WastAway Combustible Materials Separator


IMG 0773
Team Members

 Joshua Blair, Mark Straussberger, Robby Brown, Andrew Redmon, Lance Bailey, Ethan Livingston


Project Overview

 The task assigned to this team is to design and construct a small-scale prototype process that will effectively separate combustible and noncombustible materials. The combustible materials will then be sent back through a previous process for further refinement while the noncombustible materials will be recycled separately.

 

 

 

OSB Drilling


IMG 0816
Team Members

 Tim Avello, Alex Bagoli, Chance Holt, Zach Medina, Jie Tang, John Till


Project Overview

 WestCrete is a young company with a new and innovative idea for residential construction. They currently are developing a method to build houses out of concrete. The average house is 2,500 square foot and will cost approximately $250,000 to $375,000. Oriented strand board (OSB) is used in the siding of the house. The typical OSB used in constructing a house is .5” or .042’ thick. This means that a house uses 378 cubic feet of OSB. The object of this project is to efficiently drill holes in the OSB boards. The design and construction of an automated machine to drill precise dimensioned holes would cut down on man power and time spent on each OSB board, which is currently being drilled by hand. The design will utilize drills that will automatically drop and rise to cut the desired holes simultaneously with the correct spacing between holes. Once the drills are raised a worker will move the OSB a desired amount to achieve the required offset between holes, and drill a new set.
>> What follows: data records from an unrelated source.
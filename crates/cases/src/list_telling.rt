// A record of a list, taken apart as the answer of a single scan is.
use base::state;
use batch::Opening;
use page::line::Line;
use report::Told;
use scan::Tally;

// The number of the answer BadText. `base::state` has the numbers of a scan's states, and this answer is none: where it is given, there is
// no scan.
const BAD_TEXT: u8 = 4;

// Neither type is of this crate, so it can't be a From.
pub(crate) fn told_of(opening: Opening) -> Told {
    let values = values_of(opening.answer);
    // The value of Done is an end, and the first of every other answer a place.
    let placed = opening.answer != state::DONE && 0 < values;
    Told {
        number: opening.answer,
        values,
        first: opening.place,
        line: placed.then_some(Line {
            number: opening.line,
            column: opening.column,
        }),
        second: usize::from(opening.site),
        third: usize::from(opening.note),
        tally: Some(Tally {
            events: opening.events,
            steps: opening.steps,
        }),
    }
}

// How many values an answer has that a record may hold; the line and the column of a place are not counted.
fn values_of(answer: u8) -> u8 {
    match answer {
        state::DONE | state::NOT_ASCII | state::FULL | BAD_TEXT => 1,
        state::EOF => 2,
        state::UNEXPECTED => 3,
        _ => 0,
    }
}
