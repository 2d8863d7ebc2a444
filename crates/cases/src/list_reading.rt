// A list of jobs as it stands on a line, behind the page and the room for the events of all of them.
ghost use Rattle.std.specs.Prelude.{◌<◌, ◌≤◌, length, IfSome};

use crate::reading::read_room;
use batch::Opening;
use batch::many::MANY;

// A list up to its jobs: the page's length, how many events fit, and where the jobs begin on the line.
#[derive(Clone, Copy)]
pub(crate) struct Head {
    pub length: usize,
    pub room: usize,
    pub jobs: usize,
}

// The jobs of one piece as records with nothing answered yet, how many they are, and where the next piece begins. A call takes all MANY
// records, in fixed memory, so the count stands beside them.
#[derive(Clone, Copy)]
pub(crate) struct Jobs {
    pub openings: [Opening; MANY],
    pub count: usize,
    pub next: usize,
}

// The places past the name of a list, and past a job's two letters.
const AFTER_NAME: usize = 6;

const AFTER_LETTERS: usize = 4;

// A start past the end of every page. It is a number since the record that has it is laid out for C (`batch::Opening`).
const NOWHERE: usize = usize::MAX;

pub(crate) fn is_list(line: &[u8]) -> bool {
    line.starts_with(b"batch ")
}

// The page goes to the lent space.
pub(crate) fn read_head(line: &[u8], space: &mut [u8]) -> Option<Head> {
    let end = text::find(line, AFTER_NAME, b' ');
    let length = text::read_bytes(line, AFTER_NAME, end, space).ok()?;
    let room = read_room(line, end + 1)?;
    Some(Head {
        length,
        room: room.number,
        jobs: room.next,
    })
}

// The jobs from a place on, with one space between two, as many as one call takes; None where one of them can't be read. Behind the last
// stand records that start nowhere: such a job writes nothing and changes nothing for the others, so that a piece may be shorter than the
// call's list. The next piece begins past the line where there is none.
pub(crate) fn read_jobs(line: &[u8], from: usize) -> Option<Jobs>
    ensures { IfSome result (λ jobs. from ≤ length line.now → from < jobs.next) }
{
    let mut openings = [asked(NOWHERE, 0, 0, 0); MANY];
    let mut count = 0;
    let mut next = from;
    for (k, opening) in openings.iter_mut().enumerate() {
        if line.len() < next {
            break;
        }
        let end = text::find(line, next, b' ');
        *opening = read_job(&line[next..end])?;
        count = k + 1;
        next = end + 1;
    }
    Some(Jobs {
        openings,
        count,
        next,
    })
}

// `CONSTRUCT:KIND:FLAGS:START`
fn read_job(job: &[u8]) -> Option<Opening> {
    let construct = construct_of(job)?;
    let kind = kind_of(job)?;
    let mark = text::find(job, AFTER_LETTERS, b':');
    let flags = text::decimal(job, AFTER_LETTERS, mark)?;
    let start = text::decimal(job, mark + 1, job.len())?;
    Some(asked(start as usize, construct, kind, narrow(flags)))
}

fn construct_of(job: &[u8]) -> Option<u8> {
    match job.get(0..2)? {
        b"e:" => Some(tokenizer::EXPRESSION),
        b"t:" => Some(tokenizer::TAG),
        b"s:" => Some(tokenizer::ESM),
        _ => None,
    }
}

fn kind_of(job: &[u8]) -> Option<u8> {
    match job.get(2..AFTER_LETTERS)? {
        b"f:" => Some(tokenizer::FLOW),
        b"t:" => Some(tokenizer::TEXT),
        _ => None,
    }
}

// Flags that a byte has no room for are refused, and so are 255.
fn narrow(flags: u64) -> u8 {
    u8::try_from(flags).unwrap_or(255)
}

// A record with nothing answered.
fn asked(start: usize, construct: u8, kind: u8, flags: u8) -> Opening {
    Opening {
        start,
        construct,
        kind,
        flags,
        answer: 0,
        place: 0,
        line: 0,
        column: 0,
        site: 0,
        note: 0,
        events: 0,
        steps: 0,
        first: 0,
    }
}
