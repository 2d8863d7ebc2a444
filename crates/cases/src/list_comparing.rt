// Answers to a list that are recorded on its line, against the program's own. None says that something differs.
use crate::comparing::{PIECE_ROOM, eat, eat_events, eat_number, eat_steps};
use crate::list_pieces::{List, Piece, first_front, run_piece};
use crate::list_telling::told_of;
use batch::Opening;

// The place past the parts of a list, and how many events the list wrote.
#[derive(Clone, Copy)]
struct Eaten {
    place: usize,
    events: usize,
}

// Whether the answers that are recorded behind a list, with the space before them, are those of its jobs.
pub(crate) fn list_agrees(recorded: &[u8], list: List, page: &[u8], words: &mut [u32]) -> bool {
    match eat_answer(recorded, list, page, words) {
        Some(eaten) => {
            let mut piece = [0u8; PIECE_ROOM];
            let end = eat_events(recorded, eaten.place, words, eaten.events, &mut piece);
            end == Some(recorded.len())
        }
        None => false,
    }
}

// The place where the events begin. A list that is refused has no part.
fn eat_answer(recorded: &[u8], list: List, page: &[u8], words: &mut [u32]) -> Option<Eaten> {
    let eaten = if list.refused {
        Eaten {
            place: eat(recorded, 0, b" BadCall")?,
            events: 0,
        }
    } else {
        eat_pieces(recorded, list, page, words)?
    };
    Some(Eaten {
        place: eat(recorded, eaten.place, b" | events")?,
        ..eaten
    })
}

// The list is run, and the parts of a piece are passed before the next is run.
fn eat_pieces(recorded: &[u8], list: List, page: &[u8], words: &mut [u32]) -> Option<Eaten> {
    let mut front = first_front(list);
    let mut place = 0;
    while let Some(piece) = run_piece(list, front, page, words) {
        place = eat_parts(recorded, place, piece, front.at == list.jobs)?;
        front = piece.front;
    }
    Some(Eaten {
        place,
        events: front.events,
    })
}

// `first` says that the piece is the list's first.
fn eat_parts(recorded: &[u8], from: usize, piece: Piece, first: bool) -> Option<usize> {
    let mut at = from;
    for (i, opening) in piece.many.openings.iter().take(piece.count).enumerate() {
        let place = eat_joint(recorded, at, first && i == 0)?;
        at = eat_part(recorded, place, *opening, i < piece.many.filled.records)?;
    }
    Some(at)
}

fn eat_joint(recorded: &[u8], from: usize, opens: bool) -> Option<usize> {
    if opens {
        return eat(recorded, from, b" ");
    }
    eat(recorded, from, b" ; ")
}

// The number of events is compared at Nok too: it is the product's own.
fn eat_part(recorded: &[u8], from: usize, opening: Opening, filled: bool) -> Option<usize> {
    if !filled {
        return eat(recorded, from, b"-");
    }
    let mut piece = [0u8; PIECE_ROOM];
    let length = report::answer_text(&mut piece, 0, told_of(opening), b":");
    let at = eat(recorded, from, &piece[0..length])?;
    let at = eat_steps(recorded, at, b" steps", opening.steps, &mut piece)?;
    let at = eat(recorded, at, b" events")?;
    eat_number(recorded, at, opening.events, &mut piece)
}
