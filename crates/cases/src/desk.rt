// What the program has room for.

// Room for a page, the words of its events, a body's copy, and an answer's text.
#[derive(Drop)]
pub(crate) struct Desk<'a> {
    pub page: &'a mut [u8],
    pub words: &'a mut [u32],
    pub scratch: &'a mut [u8],
    pub piece: &'a mut [u8],
}
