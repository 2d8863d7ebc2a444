// A list may have any number of jobs, and a call takes MANY: so a list is handed over in pieces, a call each. What comes out is what one
// call with the whole list would answer.
ghost use Rattle.std.specs.Prelude.{◌<◌, ◌≤◌, length, IfSome};

use crate::list_reading::{Jobs, read_jobs};
use base::state;
use batch::Filled;
use batch::many::{Many, fill_many};

// A list of which every job could be read: its text, where its jobs begin there, and whether one of them has it refused.
#[derive(Clone, Copy)]
pub(crate) struct List<'a> {
    pub text: &'a [u8],
    pub jobs: usize,
    pub refused: bool,
}

// How far a list has been run: where its next piece begins, how many events stand in the buffer, and whether a record was answered
// Full, behind which none is filled. The last is a bool of its own, since a list that is full still goes on, and both numbers still count.
#[derive(Clone, Copy)]
pub(crate) struct Front {
    pub at: usize,
    pub events: usize,
    pub full: bool,
}

// A piece with its answers, of whose records the first `count` are its own, and the front behind it. The records are a call's, all MANY of
// them, in fixed memory, so the count stands beside them.
#[derive(Clone, Copy)]
pub(crate) struct Piece {
    pub many: Many,
    pub count: usize,
    pub front: Front,
}

// All pieces are looked at, in order. None where a job can't be read.
pub(crate) fn judge(text: &[u8], jobs: usize) -> Option<List<'_>> {
    let mut refused = false;
    let mut at = jobs;
    // It goes on by a piece, and not by one.
    while at <= text.len() {
        let piece = read_jobs(text, at)?;
        refused = refused || is_refused(piece);
        at = piece.next;
    }
    Some(List {
        text,
        jobs,
        refused,
    })
}

// The call refuses a piece for its jobs alone, so it is asked on an empty page and without words, where there is next to nothing to run.
fn is_refused(jobs: Jobs) -> bool {
    let openings = jobs.openings;
    fill_many(b"", openings, &mut []).filled.answer == state::BAD_CALL
}

// Nothing is run yet.
pub(crate) fn first_front(list: List) -> Front {
    Front {
        at: list.jobs,
        events: 0,
        full: false,
    }
}

// The piece that begins at the front, if there is one. There are far fewer events than would make their count wrap.
pub(crate) fn run_piece(list: List, front: Front, page: &[u8], words: &mut [u32]) -> Option<Piece>
    ensures { IfSome result (λ piece. (front.at ≤ length list.entry.text.now) × (front.at < piece.front.at)) }
{
    if list.text.len() < front.at {
        return None;
    }
    let jobs = read_jobs(list.text, front.at)?;
    let many = run_jobs(jobs, front, page, words);
    Some(Piece {
        many,
        count: jobs.count,
        front: Front {
            at: jobs.next,
            events: front.events.wrapping_add(many.filled.events),
            full: many.filled.answer == state::FULL,
        },
    })
}

// The jobs of a piece over the words that the events before it left. Behind a record that was answered Full there is no call: none of
// these is filled, and the list stays full.
fn run_jobs(jobs: Jobs, front: Front, page: &[u8], words: &mut [u32]) -> Many {
    let openings = jobs.openings;
    if front.full {
        return Many {
            openings,
            filled: Filled {
                answer: state::FULL,
                records: 0,
                events: 0,
            },
        };
    }
    let used = events::room::words_for(front.events, words.len());
    fill_many(page, openings, &mut words[used..])
}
This process will significantly cut down time spent per board which will save WestCrete a considerable amount of money.

 

 

 

Hot-Wire Machine for WestCrete


IMG 0812
Team Members

 Thomas Burks, Steven Childers,Nick East, William McMillen, Andrew C Nix and Jo Thompson


Project Overview

 WestCrete, an innovative construction company, specializing in building tornado proof structures, is currently using two separate processes to cut the foam they use in fabricating wall and roof panels. They desire this cut to be made in one process. The proposed method for modifying the foam is a hot-wire cutting assembly, which will precisely cut and cauterize the foam. In order to obtain the desired mitered and gable angles in the foam, an adjustable hot-wire attached to a rigid table must be designed. With this design WestCrete will have an assembly that precisely cuts the two angles simultaneously, therefore more efficiently. The amount of labor WestCrete currently uses to make these cuts will be reduced in half by this design. The design proposed will accomplish all goals and restraints given by WestCrete.